Masked AutoEncoder for Graph Clustering without Pre-defined Cluster Number k
Yuanchi Ma, Hui He, Zhongxiang Lei, Zhendong Niu
TL;DR
The paper tackles the problem of unknown cluster count $k$ in graph clustering and the limitations of parametric graph autoencoder methods. It introduces GCMA, a Graph Masked Autoencoder framework with a Masking Fusion Encoder and a Multi-Target Decoder, including a density-based CFSFDP branch, to output $k$ and clustering end-to-end. Key contributions include the first application of graph masking autoencoders to clustering and an end-to-end nonparametric approach that automatically determines $k$ while learning robust embeddings, demonstrated to outperform baselines on multiple graph datasets.

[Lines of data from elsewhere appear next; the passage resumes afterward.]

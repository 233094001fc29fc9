ghost use Rattle.std.specs.Prelude.{◌≡◌, ◌≤◌, IfErr, IfOk, OnErr, OnOk, drop, length, map, option_map, true, unwrap_or};
ghost use Rattle.dv_model.specs.declared.types.Key.{Key as Searched};
ghost use Rattle.dv_model.specs.Mailboxes.{IsValid};
ghost use Rattle.dv_model.specs.Views.{shown};
ghost use Rattle.dv_search.specs.Nesting.{levels_of, most_levels};
ghost use Rattle.dv_search.specs.Sought.{IsReady};
ghost use Rattle.dv_view.specs.Following.{AreGiven};
ghost use Rattle.dv_live.specs.Groups.{Followed};
ghost use Rattle.dv_live.specs.Keeping.{MayFollow, found_uids};
ghost use Rattle.dv_live.specs.Laws.{IsOf};
ghost use Rattle.dv_live.specs.Steadiness.{steady};
ghost use Rattle.dv_live.specs.Turning.{RiseFrom, turned, verdict_of};

use crate::merging::{add_met, turned};
use crate::verdicts::{Verdict, is_met, verdicts_of};
use dv_keywords::Table;
use dv_model::{Bytes, Duplicate, Fresh, Key, List, NoMemory};
use dv_search::Sought;
use dv_view::{Live, shown};
use std::alloc::Global;
use std::marker::Model;

/// A search whose result is kept, and follows the mailbox by the rows that are told of. Contracts
/// see its key, the UIDs that are found, and the mailbox's keyword names.
#[derive(Drop)]
pub struct Saved {
    alloc: Global,
    key: Key,
    // The key made ready.
    sought: Sought,
    uids: List<u32>,
    names: Vec<Bytes>,
}

impl Model for Saved {
    ghost use Rattle.std.specs.Coded.{codes};
    ghost use Rattle.dv_model.specs.contracts.types.Key as key_type;
    ghost use Rattle.dv_live.specs.Keeping.{KeptSearch};
    ghost use Rattle.dv_live.specs.Turning.{IsKept};

    ghost Value = { KeptSearch };

    ghost coded = { Prim.hlevel (codes, key_type.the_row.coded) };

    ghost view = { λ s. record { key = s.key; uids = s.uids; names = s.names.items } };

    ghost invariant = { λ s. IsKept s.key s.sought s.uids };
}

// The UIDs of the mailbox's rows that meet a key that was made ready.
fn found_in(alloc: Global, sought: &Sought, live: &Live) -> Result<List<u32>, NoMemory>
    ensures { (key : Searched) → IsReady key sought.now → steady key ≡ true →
        IfOk result (λ uids. uids ≡ found_uids key live.now.mailbox.keywords
        (map shown live.now.mailbox.rows)) }
{
    let names = live.names().names();
    let mut uids = Vec::new(alloc);
    for k in 0..live.count() {
        let row = shown(alloc, live.row(k))?;
        let met = is_met(alloc, sought, names, &row)?;
        add_met(&mut uids, Verdict { uid: row.uid, met })?;
    }
    Ok(List::from_vec(uids))
}

// Copies of the names of a table behind the first so many.
fn names_from(alloc: Global, names: &[Bytes], from: usize) -> Result<Vec<Bytes>, NoMemory>
    requires { from ≤ length names.now }
    ensures { IfOk result (λ made. made.items ≡ drop from names.now) }
{
    let (_, more) = names.split_at(from);
    let mut made = Vec::with_capacity(alloc, more.len())?;
    for name in more {
        made.push(name.duplicate(alloc)?)?;
    }
    Ok(made)
}

// What following leaves of the UIDs that are found, or nothing where they stay, and the names that
// are new.
fn followed(
    alloc: Global,
    sought: &Sought,
    uids: &[u32],
    known: usize,
    fresh: &[Fresh],
    names: &[Bytes],
) -> Result<(Option<Vec<u32>>, Vec<Bytes>), NoMemory>
    requires uids { RiseFrom 0 uids.now }
    requires given { AreGiven fresh.now }
    requires known { known ≤ length names.now }
    ensures uids { (key : Searched) → IsReady key sought.now → steady key ≡ true →
        IfOk result (λ x. unwrap_or (option_map (λ new. new.items) x.0) uids.now
        ≡ turned uids.now (map (verdict_of key names.now) fresh.now)) }
    ensures names { IfOk result (λ x. x.1.items ≡ drop known names.now) }
{
    let verdicts = verdicts_of(alloc, sought, names, fresh)?;
    let uids = turned(alloc, uids, &verdicts)?;
    let more = names_from(alloc, names, known)?;
    Ok((uids, more))
}

// Puts the UIDs in place of the old ones, where there are some.
fn put(uids: &mut List<u32>, made: Option<Vec<u32>>)
    ensures { uids.new ≡ unwrap_or (option_map (λ new. new.items) made) uids.old }
{
    if let Some(made) = made {
        *uids = List::from_vec(made);
    }
}

impl Saved {
    // The search, of a key that may be kept.
    fn start(
        alloc: Global,
        key: &Key,
        live: &Live,
    ) -> Result<(Sought, List<u32>, Vec<Bytes>), NoMemory>
        requires { levels_of key.now ≤ most_levels }
        ensures ready { IfOk result (λ x. IsReady key.now x.0) }
        ensures uids { steady key.now ≡ true → IfOk result (λ x. x.1
            ≡ found_uids key.now live.now.mailbox.keywords (map shown live.now.mailbox.rows)) }
        ensures names { IfOk result (λ x. x.2.items ≡ live.now.mailbox.keywords) }
        ensures valid { IsValid live.now.mailbox }
    {
        // A UIDNEXT is known of a valid mailbox alone.
        let _next = live.next_uid();
        let sought = Sought::of(alloc, key)?;
        let uids = found_in(alloc, &sought, live)?;
        let names = names_from(alloc, live.names().names(), 0)?;
        Ok((sought, uids, names))
    }

    /// What a key finds in the mailbox, to be kept. With `NoMemory`, which is the only error, the
    /// key is given back. The time is in proportion to the rows times the key.
    pub fn new(alloc: Global, key: Key, live: &Live) -> Result<Saved, (Key, NoMemory)>
        requires steady { steady key ≡ true }
        // Keys nest as deep as the grammar of a SEARCH lets them, so that the stack is short.
        requires shallow { levels_of key ≤ most_levels }
        ensures key { IfOk result (λ saved. saved.key ≡ key) }
        // It is kept of this mailbox.
        ensures kept { IfOk result (λ saved. IsOf saved live.now.mailbox) }
        ensures err { IfErr result (λ e. e.0 ≡ key) }
    {
        match Saved::start(alloc, &key, live) {
            Ok((sought, uids, names)) => Ok(Saved {
                alloc,
                key,
                sought,
                uids,
                names,
            }),
            Err(e) => Err((key, e)),
        }
    }

    /// Follows the mailbox by what it has now of some UIDs, with its keyword table. After
    /// `NoMemory`, which is the only error, all is as before. The time is that of the rows that are
    /// told of times the key, each UID found by halves; names that are known aren't copied, and the
    /// UIDs that are found are moved once where some come or leave.
    pub fn follow(&mut self, fresh: &List<Fresh>, names: &Table) -> Result<(), NoMemory>
        requires { MayFollow self.old fresh.now names.now.names }
        // It agrees with each list of rows with which it agreed, as they are told of now.
        ensures ok { OnOk result (Followed self.old self.new fresh.now names.now.names) }
        ensures err { OnErr result (self.new ≡ self.old) }
    {
        let (uids, mut more) = followed(
            self.alloc,
            &self.sought,
            self.uids.as_slice(),
            self.names.len(),
            fresh.as_slice(),
            names.names(),
        )?;
        self.names.append(&mut more)?;
        put(&mut self.uids, uids);
        Ok(())
    }

    /// The UIDs of the rows that the key finds, rising.
    pub fn uids(&self) -> &List<u32>
        ensures { result.now ≡ self.now.uids }
    {
        &self.uids
    }
}
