//! Searches whose results are kept and follow a mailbox by what has changed, without a look at it.
#![tactic(auto)]

mod examples;
mod keeping_up;
mod law;
mod merging;
mod saved;
mod sends;
mod steadiness;
mod verdicts;

pub use keeping_up::keep_up;
pub use law::{kept_is_searched, touched_are_followed, turns_are_searched};
pub use saved::Saved;
pub use steadiness::steady;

This approach enhances generalization and interpretability for graph clustering and enables practical deployment without predefining the number of clusters $k$.
Abstract
Graph clustering algorithms with autoencoder structures have recently gained popularity due to their efficient performance and low training cost. However, for existing graph autoencoder clustering algorithms based on GCN or GAT, not only do they lack good generalization ability, but also the number of clusters clustered by such autoencoder models is difficult to determine automatically. To solve this problem, we propose a new framework called Graph Clustering with Masked Autoencoders (GCMA). It employs our designed fusion autoencoder based on the graph masking method for the fusion coding of graph. It introduces our improved density-based clustering algorithm as a second decoder while decoding with multi-target reconstruction. By decoding the mask embedding, our model can capture more generalized and comprehensive knowledge. The number of clusters and clustering results can be output end-to-end while improving the generalization ability. As a nonparametric class method, extensive experiments demonstrate the superiority of \textit{GCMA} over state-of-the-art baselines.